Exercise data
<<<<
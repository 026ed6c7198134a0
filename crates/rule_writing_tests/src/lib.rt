// Tests of writing: each place where brackets must and must not stand, reading back, the limits, and the order of checks.
#![tactic(auto)]

#[cfg(test)]
mod tests {
    use refusals::Fault;
    use rule_text::{Entry, read};
    use rule_writing::write;
    use rules::{Record, Rule};
    use std::alloc::{AllocError, Global};
    use std::process::Abort;
    use std::test::Fail;

    // The names any, a and b.
    const NAMES: [Entry; 3] = [
        *b"any\0\0\0\0\0\0\0\0\0\0\0\0\0",
        *b"a\0\0\0\0\0\0\0\0\0\0\0\0\0\0\0",
        *b"b\0\0\0\0\0\0\0\0\0\0\0\0\0\0\0",
    ];

    // The name any, and one of 16 letters.
    const LONG_NAMES: [Entry; 2] = [*b"any\0\0\0\0\0\0\0\0\0\0\0\0\0", *b"abcdefghijklmnop"];

    // A name list whose second entry is bad.
    const BAD_NAMES: [Entry; 2] = [
        *b"any\0\0\0\0\0\0\0\0\0\0\0\0\0",
        *b"any\0\0\0\0\0\0\0\0\0\0\0\0\0",
    ];

    // What is in a byte that writing must leave as it was.
    const KEPT: u8 = 7;

    fn reads(rt: &impl Abort, names: &[Entry], text: &[u8], rule: &mut Rule) {
        assert!(rt; read(names, text, rule).is_ok());
    }

    // Whether what is written of the rule is read back as the same rule.
    fn comes_back(
        rt: &impl Abort,
        heap: Global,
        names: &[Entry],
        rule: &Rule,
        text: &[u8],
    ) -> Result<(), Fail> {
        let mut back = Rule::new(heap)?;
        reads(rt, names, text, &mut back);
        assert!(rt; rule.nodes() == back.nodes());
        Ok(())
    }

    // Whether the rule is written as this text, with the byte past it left as it was, and comes back.
    fn writes(
        rt: &impl Abort,
        heap: Global,
        names: &[Entry],
        rule: &Rule,
        text: &[u8],
    ) -> Result<(), Fail> {
        let mut memory = vec![in heap; KEPT; text.len() + 1]?;
        assert_eq!(rt; write(names, rule, &mut memory), Ok(text.len()));
        assert!(rt; memory.starts_with(text) && memory.ends_with(&[KEPT]));
        comes_back(rt, heap, names, rule, text)
    }

    // The number and the place of a refusal.
    fn told(fault: Fault) -> (u8, usize) {
        (fault.refusal.number(), fault.place)
    }

    // Whether the rule is refused, by this number at this place, and the memory is as it was. A condition that a test asserts, so a bool.
    fn refused(names: &[Entry], rule: &Rule, memory: &mut [u8], number: u8, place: usize) -> bool {
        write(names, rule, memory).map_err(told) == Err((number, place))
            && memory.iter().all(|b| *b == KEPT)
    }

    #[test]
    fn brackets(rt: HostRuntime) -> Result<(), Fail> {
        let heap = rt.alloc();
        let table: [(&[u8], &[u8]); 24] = [
            (b"a", b"a"),
            (b" ( ( b ) ) ", b"b"),
            (b"! \n a", b"!a"),
            (b"(any)", b"any"),
            (b"nil", b"nil"),
            (b"void*", b"void*"),
            (b"(a b) a", b"a b a"),
            (b"a (b a)", b"a (b a)"),
            (b"(a|b)|a", b"a | b | a"),
            (b"a|(b|a)", b"a | (b | a)"),
            (b"(a|b) a", b"(a | b) a"),
            (b"a(a|b)", b"a (a | b)"),
            (b"(a b)|(b a)", b"a b | b a"),
            (b"(a b)*", b"(a b)*"),
            (b"(a|b)*", b"(a | b)*"),
            (b"((a*)*)*", b"a***"),
            (b"(!a)*", b"!a*"),
            (b"(a*) (b*)", b"a* b*"),
            (b"(a|b)* a", b"(a | b)* a"),
            (b"a ((b))* | (nil)", b"a b* | nil"),
            (b"(a (b a)) b", b"a (b a) b"),
            (b"((a|b)|(a|b))*", b"(a | b | (a | b))*"),
            (b"(a (b|a)) | b", b"a (b | a) | b"),
            (b"a | (b a)* !b", b"a | (b a)* !b"),
        ];
        let mut rule = Rule::new(heap)?;
        writes(&rt, heap, &NAMES, &rule, b"void")?;
        for (text, expected) in table {
            reads(&rt, &NAMES, text, &mut rule);
            writes(&rt, heap, &NAMES, &rule, expected)?;
        }
        Ok(())
    }

    // Choices nested to the right: leaves, and then as many choices as join them.
    fn nested(heap: Global, leaves: u32, code: u32) -> Result<Vec<Record>, AllocError> {
        let leaf = Record {
            code: 2,
            test: 1,
            size: 1,
        };
        let mut list = vec![in heap; leaf; leaves as usize]?;
        for i in 1..leaves {
            list.push(Record {
                code,
                test: 0,
                size: i.wrapping_mul(2).wrapping_add(1),
            })?;
        }
        Ok(list)
    }

    #[test]
    fn deep_brackets(rt: HostRuntime) -> Result<(), Fail> {
        let heap = rt.alloc();
        let mut rule = Rule::new(heap)?;
        let chains = b"a (a (a (a (a (a (a (a (a (a (a (a (a (a (a (a (a a))))))))))))))))";
        let choices =
            b"a | (a | (a | (a | (a | (a | (a | (a | (a | (a | (a | (a | (a | (a | (a | (a | (a | a))))))))))))))))";
        let table: [(u32, &[u8]); 2] = [(3, chains), (4, choices)];
        for (code, text) in table {
            assert!(rt; rule.take(&nested(heap, 18, code)?).is_ok());
            writes(&rt, heap, &NAMES, &rule, text)?;
            assert!(rt; rule.take(&nested(heap, 19, code)?).is_ok());
            assert!(rt; refused(&NAMES, &rule, &mut [KEPT; 8], 14, 0));
        }
        Ok(())
    }

    #[test]
    fn most_nodes(rt: HostRuntime) -> Result<(), Fail> {
        let heap = rt.alloc();
        let mut rule = Rule::new(heap)?;
        let mut text = b"a ".repeat(heap, 255)?;
        text.extend_from_slice(b"a*")?;
        reads(&rt, &NAMES, &text, &mut rule);
        assert!(rt; rule.nodes().len() == 512);
        writes(&rt, heap, &NAMES, &rule, &text)
    }

    // The rule's nodes, and a repeat over them.
    fn repeated(heap: Global, rule: &Rule) -> Result<Vec<Record>, AllocError> {
        let mut list = rule
            .nodes()
            .iter()
            .map(|node| Record::from(*node))
            .collect::<Vec<_>>(heap)?;
        list.push(Record {
            code: 5,
            test: 0,
            size: rule.nodes().len() as u32 + 1,
        })?;
        Ok(list)
    }

    // A text of 4,096 bytes, and one with a pair of brackets and a star more.
    #[test]
    fn longest_text(rt: HostRuntime) -> Result<(), Fail> {
        let heap = rt.alloc();
        let mut rule = Rule::new(heap)?;
        let mut text = b"abcdefghijklmnop ".repeat(heap, 240)?;
        text.extend_from_slice(b"abcdefghijklmnop")?;
        reads(&rt, &LONG_NAMES, &text, &mut rule);
        writes(&rt, heap, &LONG_NAMES, &rule, &text)?;
        let list = repeated(heap, &rule)?;
        assert!(rt; rule.take(&list).is_ok());
        assert!(rt; refused(&LONG_NAMES, &rule, &mut [KEPT; 8], 17, 0));
        assert!(rt; refused(&LONG_NAMES, &rule, &mut vec![in heap; KEPT; 5000]?, 17, 0));
        Ok(())
    }

    // A text of ten bytes: into nine, and into ten.
    #[test]
    fn memory(rt: HostRuntime) -> Result<(), Fail> {
        let mut rule = Rule::new(rt.alloc())?;
        reads(&rt, &NAMES, b"a (!b | b)", &mut rule);
        assert!(rt; refused(&NAMES, &rule, &mut [KEPT; 9], 34, 0));
        assert!(rt; refused(&NAMES, &rule, &mut [], 34, 0));
        let mut memory = [KEPT; 10];
        assert_eq!(rt; write(&NAMES, &rule, &mut memory), Ok(10));
        assert!(rt; &memory == b"a (!b | b)");
        // with two names, tests 0 to 3 have one
        assert!(rt; refused(&LONG_NAMES, &rule, &mut [KEPT; 4], 15, 1));
        assert!(rt; refused(&BAD_NAMES, &rule, &mut [KEPT; 4], 18, 16));
        assert!(rt; refused(&[], &rule, &mut [KEPT; 4], 18, 0));
        Ok(())
    }

    // A test without a name goes before brackets that are too deep, and these before a text that is too long.
    #[test]
    fn order_of_checks(rt: HostRuntime) -> Result<(), Fail> {
        let heap = rt.alloc();
        let mut rule = Rule::new(heap)?;
        let mut list = nested(heap, 250, 3)?;
        assert!(rt; rule.take(&list).is_ok());
        assert!(rt; refused(&LONG_NAMES, &rule, &mut [KEPT; 4], 14, 0));
        assert!(rt; list.len() > 249);
        list[249].test = 4;
        assert!(rt; rule.take(&list).is_ok());
        assert!(rt; refused(&LONG_NAMES, &rule, &mut [KEPT; 4], 15, 249));
        Ok(())
    }
}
>>>>
What this task involves
Show each line of the material that includes the word "number".

Answer for this exercise
    // The number and the place of a refusal.
        (fault.refusal.number(), fault.place)
    // Whether the rule is refused, by this number at this place, and the memory is as it was. A condition that a test asserts, so a bool.
    fn refused(names: &[Entry], rule: &Rule, memory: &mut [u8], number: u8, place: usize) -> bool {
        write(names, rule, memory).map_err(told) == Err((number, place))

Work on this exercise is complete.